The AJC has launched several preemptive strikes against the movie, including opinion pieces and news stories suggesting it may unfairly depict both Scruggs and Jewell. At a Nov. 12 panel discussion at the Atlanta History Center attended by 500 people, including many AJC staff members, former Managing Editor Bert Roughton made his first public discussion of the case since the libel lawsuit ended. Roughton, who was an editor involved in the decision-making on the Jewell story, strongly defended its publication, while acknowledging some mixed feelings and certain personal qualms he had with it then and now.
Following preview screenings, the AJC is now reporting concerns that the movie shows Scruggs – portrayed by Olivia Wilde – got the Jewell scoop after offering to have sex with a source. The AJC says there is no evidence Scruggs had sex with sources, and its reporting on the matter is already stirring debate about sexist clichés about women in journalism.
The AJC and parent company Cox Enterprises has hired attorney Martin “Marty” Singer, whose clients have included Arnold Schwarzenegger and Bill Cosby, to press Eastwood and Warner Bros. to add a disclaimer to “Richard Jewell” emphasizing that it altered facts for dramatic purposes. Riley provided the Reporter with a copy of the letter sent by Singer, which threatens legal action for libel.

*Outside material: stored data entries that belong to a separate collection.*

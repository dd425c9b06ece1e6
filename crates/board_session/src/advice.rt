//! What a colour is told that asks for a move.

ghost use Rattle.std.specs.Prelude.{◌≡◌, ◌≤◌, ◌<◌, ◌+◌, ◌↔◌, true, List, length, IfOk, string_bytes};
ghost use Rattle.go_grid.specs.Region.{Region};
ghost use Rattle.region_cut.specs.Cut.{AreRegionsOfPlay};
ghost use Rattle.endgame_solver.specs.Faults.{most_steps};
ghost use Rattle.board_session.specs.Cycles.{AdvisesWith};
ghost use Rattle.board_session.specs.Generating.{Advises, PayFor, after_passes, board_move, unsettled_words};
ghost use Rattle.board_session.specs.inner.Generating.{IsTold, advice_of};

use crate::cycle_advice::open_with_cycles;
use board_orders::{BoardMove, Tally};
use endgame_solver::{Limits, Solved};
use fault_words::{Naming, fault_words};
use go_grid::{Board, Colour, Point};
use gtp_words::point_text;
use local_play::Steps;
use sgf_go::Setup;
use std::alloc::{AllocError, Global};
use std::sync::ledger::Ledger;
use whole_rules::{Move, Whole};

/// What the colour to move is told: a move, or that there is none, or why the position opens no game.
#[derive(Drop)]
pub(crate) enum Advice {
    Chosen(Move),
    Resigned,
    Unopened(String),
}

/// The move of a session that stands for a move of a game.
pub(crate) fn board_move(chosen: Move) -> BoardMove
    ensures { result ≡ board_move chosen }
{
    match chosen {
        Move::Stone(point) => BoardMove::Stone(point),
        Move::Spend => BoardMove::Pass,
        Move::Half => BoardMove::Half,
    }
}

/// The words on a board that isn't settled, by its first point that is not.
pub(crate) fn unsettled_words(
    alloc: Global,
    board: &Board,
    point: Point,
) -> Result<String, AllocError>
    requires { point < length board.now.cells }
    ensures { IfOk result (λ text. string_bytes text ≡ unsettled_words board.now point) }
{
    let name = point_text(alloc, board.size(), point)?;
    format!(in alloc; "no liberty at {name}")
}

/// Whether each purse holds a point for each pass of its colour.
pub(crate) fn pay(whole: &Whole, passes: Tally) -> bool
    ensures { (result ≡ true) ↔ PayFor passes whole.now.purses }
{
    passes.of(Colour::Black) <= whole.purse(Colour::Black)
        && passes.of(Colour::White) <= whole.purse(Colour::White)
}

/// Takes a point out of a purse for each pass of its colour.
fn take_passes(game: &mut Solved, passes: Tally)
    requires { PayFor passes game.old.state.purses }
    ensures { game.new ≡ record game.old { state = after_passes passes game.old.state } }
{
    game.take_out(Colour::Black, passes.of(Colour::Black));
    game.take_out(Colour::White, passes.of(Colour::White));
}

/// What the side to move is told in a game that begins so.
fn tell(alloc: Global, game: &mut Solved, passes: Tally) -> Result<Advice, AllocError>
    ensures { IfOk result (λ advice. IsTold passes game.old.state (advice_of advice)) }
{
    if !pay(game.whole(), passes) {
        return Ok(Advice::Unopened(String::from_str(alloc, "purse")?));
    }
    take_passes(game, passes);
    match game.choose() {
        Some(chosen) => Ok(Advice::Chosen(chosen)),
        None => Ok(Advice::Resigned),
    }
}

/// What the colour to move is told in a position.
fn open<L: Ledger>(
    alloc: Global,
    setup: &Setup,
    passes: Tally,
    limits: &Limits,
    steps: &mut Steps<L>,
) -> Result<Advice, AllocError>
    ensures advised { IfOk result (λ advice. Advises limits.now setup.now passes
        (advice_of advice)) }
    ensures steps { (regions : List Region) → AreRegionsOfPlay setup.now.board regions
        → steps.new ≤ steps.old + most_steps limits.now regions }
{
    let size = setup.board().size();
    match Solved::begin(alloc, setup, false, limits, steps) {
        Ok(mut game) => {
            let advice = tell(alloc, &mut game, passes);
            drop(game);
            advice
        }
        Err(fault) => {
            let words = fault_words(alloc, Naming::Gtp, size, limits, fault)?;
            Ok(Advice::Unopened(words))
        }
    }
}

/// What the colour to move is told, which has passed so often, with cycles admitted or without.
pub(crate) fn advise<L: Ledger>(
    alloc: Global,
    setup: &Setup,
    passes: Tally,
    limits: &Limits,
    cycles: bool,
    steps: &mut Steps<L>,
) -> Result<Advice, AllocError>
    ensures advised { IfOk result (λ advice. AdvisesWith cycles limits.now setup.now passes
        (advice_of advice)) }
    ensures steps { (regions : List Region) → AreRegionsOfPlay setup.now.board regions
        → steps.new ≤ steps.old + most_steps limits.now regions }
{
    if cycles {
        return open_with_cycles(alloc, setup, passes, limits, steps);
    }
    open(alloc, setup, passes, limits, steps)
}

“The film falsely portrays the AJC’s reporters, and Kathy Scruggs in particular, as unethical, unprofessioanl and reckless… The AJC’s reporter is reduced to a sex-trading object in the film,” the letter reads in part. “… Such a portrayal makes it appear that the AJC sexually exploited its staff and/or that it facilitated or condoned offering sexual gratification to sources in exchange for stories. That is entirely false and malicious, and it is extremely defamatory and damaging.
“This is particularly so in today’s ‘Me Too’ environment and ‘cancel culture,’ in which the public is quick to blindly blackball anyone and anything merely accused of participating in or condoning sexual exploitation in the workplace, even if such an accusation is fictional and false,” the letter continues.
The letter further accuses the film of falsely portraying the AJC’s reporting as inaccurate and malicious. “The AJC’s writers were and are professionals who follow accepted journalistic standards,” the letter says. “They have been the recipients of multiple Pulitzer Prizes during the paper’s 150-plus-year history. It would be a travesty if this film’s plot was contrived to profit by manipulating the facts to defamatory affect, causing devastating harm to the reputations of the AJC and its hard-working journalists.”
According to Entertainment Weekly, Warner Bros. responded with a statement saying the movie is based on “highly credible source material.”
“It is unfortunate and the ultimate irony that the Atlanta Journal-Constitution, having been a part of the rush to judgment of Richard Jewell, is now trying to malign our filmmakers and cast,” the studio said in the statement, according to Entertainment Weekly. “‘Richard Jewell’ focuses on the real victim, seeks to tell his story, confirm his innocence and restore his name. The AJC’s claims are baseless and we will vigorously defend against them.”
Riley did not comment further beyond providing a copy of the letter. The AJC, Warner Bros. and Singer’s office did not respond to requests for comment.
Update: This story has been updated with information about the contents of the AJC’s letters and comment from the Springs Cinema & Taphouse owner Brandt Gully.